For their reported study the team exposed separate cultures of the prominent gut microbe Bacteroides dorei to hundreds of FDA-approved drugs—such as antihistamines, hypertension drugs, anticancer agents and antibiotics—and looked for metabolic changes compared to untreated bacterial cultures.
After incubating B. dorei with and without pharmaceuticals, the researchers isolated and identified compounds the bacterium secreted. They found that among the various drugs tested, low doses of tetracycline antibiotics had the strongest effect on bacterial cultures, inducing the microbes to produce two types of new compounds: a series of serine-glycine dipeptide lipids, which they called doreamides, and 6-N-acyladenosines.
Further testing showed that both compounds trigger human immune cells to produce pro-inflammatory cytokines, which can help respond to infections. “Investigations into their biological functions revealed induction of pro-inflammatory cytokines in macrophages, notably tumor necrosis factor (TNFα), interleukin (IL)-1β, IL-6, and IL-10,” the team wrote. The doreamides also induced production of the host-derived cathelicidin antimicrobial peptide (CAMP) that inhibited the growth of several bacterial strains, including pathogenic ones, but not the growth of B. dorei.

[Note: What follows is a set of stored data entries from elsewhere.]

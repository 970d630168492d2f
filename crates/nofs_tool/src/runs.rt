//! A run of the program: what it ends with, by its task.

pub(crate) mod outcomes;
pub(crate) mod says;
pub(crate) mod sessions;
pub(crate) mod tasks;
pub(crate) mod texts;
pub(crate) mod tool;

“Additionally and importantly, the doreamides elicited production of cathelicidin, a host-derived antimicrobial peptide that inhibited the growth of several gut bacteria tested but did not affect B. dorei,” the scientist stated. “It is conceivable that this sequence, initiated by tetracyclines, mediated by doreamides, and culminating in the production of CAMP and inflammatory cytokines, leads to local reshaping of bacterial composition.” The investigators suggest that their findings set the stage for animal studies to explore possible therapeutic properties of the doreamides.
They also noted that while it is established that antibiotics can “prune or restructure” the local microbiome through their activity on bacteria, their newly reported findings “… suggest that there is another mechanism by which antibiotics can alter bacterial composition, one that occurs through cryptic metabolites that are elicited by low-dose antibiotics in gut bacteria.” Of particular interest, they pointed out, the doreamides and N-acyladenosines are produced by genes or gene clusters that are not captured by typical genome mining tools, which indicates the potential strength of chemistry-first approaches for discovering what they call “the metabolomic potential” of gut bacteria. “This type of chemistry-first discovery approach is poised to unearth more natural products, thousands of which are predicted from the human microbiome, thus enabling insights into the roles that small molecules play in human health and disease.”